The structured extraction API helps in extracting structured data from documents. It’s ideal for automating data extraction from invoices, RFPs, tax and financial statements, and other structured documents.

Structured Data relevant to the schema is extracted from every page of the document, and then conflicts are resolved to produce a single output.
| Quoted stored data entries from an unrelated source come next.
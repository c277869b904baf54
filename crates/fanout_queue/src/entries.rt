//! The entries of a queue: changes with numbers.

ghost use Rattle.std.specs.Prelude.{◌≡◌, ◌≤◌, ◌<◌, ◌+◌, ◌-◌, ◌^◌, [], ◌∷◌, ◌++◌, length, drop, slice_index_or, option_map, IfOk, OnOk, OnErr, IfSome, IsNone, Some, ◌↔◌, IsTrue};
ghost use Rattle.std.specs.Option.{option_copied};
ghost use Rattle.addr4.specs.Places.{key_of};
ghost use Rattle.fanout_queue.specs.Entries.{changes_of, first_before, IsNextBeside};

use crate::index;
use addr4::{Family, Memory, Place, Prefix, Row, V4};
use link_change::Change;
use std::alloc::Global;
use std::collections::{BTreeSet, VecDeque};
use std::marker::Model;

/// The changes that are kept, each with a number: the first that was ever put has 0, each later one the next. A reader's
/// place is the number of the change that it takes next.
#[derive(Drop)]
pub(crate) struct Entries<R, F: Family = V4> {
    pub(crate) kept: VecDeque<Entry<R, Prefix<F>>>,
    // The prefixes and numbers of the changes that lookups were prepared for, and of some that are kept no more.
    pub(crate) index: BTreeSet<(Prefix<F>, u64)>,
    // The number of the first that is kept and that the index doesn't have, or one of those that are kept no more.
    pub(crate) indexed: u64,
    // The number of the first that is kept.
    pub(crate) first: u64,
    // How many readers have taken all.
    at_end: usize,
}

// A change, and how many readers take it next.
#[derive(Drop)]
pub(crate) struct Entry<R, P = Prefix> {
    pub(crate) change: Change<R, P>,
    readers: usize,
}

// Below this many entries memory isn't given back.
const FEW: usize = 64;

impl<R, F: Family> Model for Entries<R, F> {
    ghost use Rattle.fanout_queue.specs.Entries.{Numbered, numbered_code, numbered_of, IsKept};

    ghost Value = { Numbered R };

    ghost coded = { numbered_code R.code };

    ghost view = { λ s. numbered_of s.first s.kept.items s.at_end s.indexed };

    ghost invariant = { λ s. IsKept s.first s.kept.items s.index s.indexed };
}

// Gives back memory that isn't used, if it is much.
fn give_back<T>(kept: &mut VecDeque<T>)
    ensures { kept.new.items ≡ kept.old.items }
{
    let capacity = kept.capacity();
    if capacity > FEW && kept.len() < capacity / 4 {
        kept.shrink_to(capacity / 2);
    }
}

// Puts an entry behind the others. For want of memory nothing changes.
fn push<T: Drop>(kept: &mut VecDeque<T>, entry: T) -> Result<(), Memory>
    ensures ok { OnOk result (kept.new.items ≡ kept.old.items ++ entry ∷ []) }
    ensures memory { OnErr result (kept.new.items ≡ kept.old.items) }
{
    match kept.push_back(entry) {
        Ok(()) => Ok(()),
        Err(_) => Err(Memory),
    }
}

impl<R: Row, F: Family> Entries<R, F> {
    ghost use Rattle.fanout_queue.specs.Entries.{IsPlace, readers_at, first_readers, unread_at, Puts, Enters, Leaves, CutsFirst, Trims, TakesOut, Passes};

    /// No changes and no readers. Takes no memory.
    pub(crate) fn new(alloc: Global) -> Entries<R, F>
        ensures { result ≡ record { first = 0; changes = []; readers = 0 ∷ []; indexed = 0 } }
    {
        Entries {
            kept: VecDeque::new(alloc),
            index: BTreeSet::new(alloc),
            indexed: 0,
            first: 0,
            at_end: 0,
        }
    }

    /// How many changes are kept.
    pub(crate) fn len(&self) -> usize
        ensures { result ≡ length self.now.changes }
    {
        self.kept.len()
    }

    /// The number that the next change will have.
    pub(crate) fn end(&self) -> u64
        ensures { result ≡ self.now.first + length self.now.changes }
    {
        self.first + self.kept.len() as u64
    }

    /// How many readers are to take the first change next.
    pub(crate) fn first_readers(&self) -> usize
        ensures { result ≡ first_readers self.now }
    {
        match self.kept.front() {
            None => self.at_end,
            Some(entry) => entry.readers,
        }
    }

    /// Puts a change behind the others. For want of memory, and when there is no further number, nothing changes.
    pub(crate) fn put(&mut self, change: Change<R, Prefix<F>>) -> Result<(), Memory>
        ensures ok { OnOk result (Puts self.old self.new change) }
        ensures memory { OnErr result (self.new ≡ self.old) }
    {
        if self.end() == u64::MAX {
            return Err(Memory);
        }
        let readers = self.at_end;
        push(&mut self.kept, Entry { change, readers })?;
        self.at_end = 0;
        Ok(())
    }

    /// One reader more stands at a place.
    pub(crate) fn enter(&mut self, place: u64)
        requires place { IsPlace self.old place }
        requires fits { readers_at self.old place + 1 < 2 ^ 64 }
        ensures { Enters self.old self.new place }
    {
        let at = (place - self.first) as usize;
        match self.kept.get_mut(at) {
            None => self.at_end += 1,
            Some(entry) => entry.readers += 1,
        }
    }

    /// One reader less stands at a place.
    pub(crate) fn leave(&mut self, place: u64)
        requires place { IsPlace self.old place }
        requires stands { 0 < readers_at self.old place }
        ensures { Leaves self.old self.new place }
    {
        let at = (place - self.first) as usize;
        match self.kept.get_mut(at) {
            None => self.at_end -= 1,
            Some(entry) => entry.readers -= 1,
        }
    }

    // Drops the first change, and answers it.
    fn cut_first(&mut self) -> Option<Change<R, Prefix<F>>>
        ensures none { IsNone result → (self.old.changes ≡ []) × (self.new ≡ self.old) }
        ensures some { IfSome result (λ change. CutsFirst self.old self.new change) }
    {
        match self.kept.pop_front() {
            None => None,
            Some(Entry { change, readers: _ }) => {
                self.first += 1;
                give_back(&mut self.kept);
                self.trim_index();
                Some(change)
            }
        }
    }

    /// Drops the first changes, as far as no reader is to take them.
    pub(crate) fn trim(&mut self)
        ensures { Trims self.old self.new }
    {
        'first: while self.first_readers() == 0 {
            if self.cut_first().is_none() {
                return;
            }
        }
    }

    // Whether a reader at a place is the only one that is to take the first change.
    fn is_alone(&self, place: u64) -> bool
        ensures { IsTrue result ↔ ((place ≡ self.now.first) × (first_readers self.now ≡ 1)) }
    {
        place == self.first && self.first_readers() == 1
    }

    // The change at a place.
    fn copy_at(&self, place: u64) -> Result<Change<R, Prefix<F>>, Memory>
        requires from { self.now.first ≤ place }
        requires within { place < self.now.first + length self.now.changes }
        ensures { IfOk result (λ change. unread_at self.now place ≡ change ∷ drop (place + 1 - self.now.first) self.now.changes) }
    {
        self.kept[(place - self.first) as usize].change.copy()
    }

    // A reader takes the change at its place. That is the change itself, which goes, where no other reader is to take it.
    fn take_out(&mut self, place: u64) -> Result<Change<R, Prefix<F>>, Memory>
        requires from { self.old.first ≤ place }
        requires within { place < self.old.first + length self.old.changes }
        requires stands { 0 < readers_at self.old place }
        ensures ok { IfOk result (λ change. TakesOut self.old self.new place change) }
        ensures memory { OnErr result (self.new ≡ self.old) }
    {
        if self.is_alone(place) {
            return self.cut_first().ok_or(Memory);
        }
        let change = self.copy_at(place)?;
        self.leave(place);
        Ok(change)
    }

    /// A reader takes the change at its place, and goes on to the next place. For want of memory nothing changes.
    pub(crate) fn pass(&mut self, place: u64) -> Result<Change<R, Prefix<F>>, Memory>
        requires from { self.old.first ≤ place }
        requires within { place < self.old.first + length self.old.changes }
        requires stands { 0 < readers_at self.old place }
        requires next { place + 1 < 2 ^ 64 }
        requires fits { readers_at self.old (place + 1) + 1 < 2 ^ 64 }
        ensures ok { IfOk result (λ change. Passes self.old self.new place change) }
        ensures memory { OnErr result (self.new ≡ self.old) }
    {
        let change = self.take_out(place)?;
        self.enter(place + 1);
        Ok(change)
    }
}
Supported file types - PDF, JPEG, PNG

Quick Start

1

Define a Schema

Define a schema for the document you want to extract data from. Schemas are defined as JSON Schema.

{
  "$schema": "http://json-schema.org/draft-04/schema#",
  "type": "object",
  "properties": {
    "name": {
      "type": "string"
    },
    "age": {
      "type": "string"
    }
  },
  "required": [
    "name",
    "age"
  ]
}
2

Extract Data

This returns a job ID, which is used to get the result of the extraction.

{
    "jobId":"job-XXX",
    "status":"PROCESSING"
}
3

Retrieve the Result

Get the result from the API.

This returns the result of the extraction.

{
    "jobId":"job-XXXX",
    "structuredDataset": [{"customer_name": "John Doe", "address": "123 Main St, Anytown, USA", "total_amount_due": "$1000"}]
}

JSON Schema

The schema that you provide is used to extract structured data from the document. The schema is defined as JSON Schema.

Prompt

We use a proprietary prompt to extract the data from the document. You can provide your own prompt if you want to override the default prompt.

Model Provider

The model provider is the model that is used to extract the data from the document. If you specify the tensorlake provider, it uses our proprietary model to extract the data, and no data is sent to any third party LLM providers.

You can use OpenAI or Anthropic’s models as well.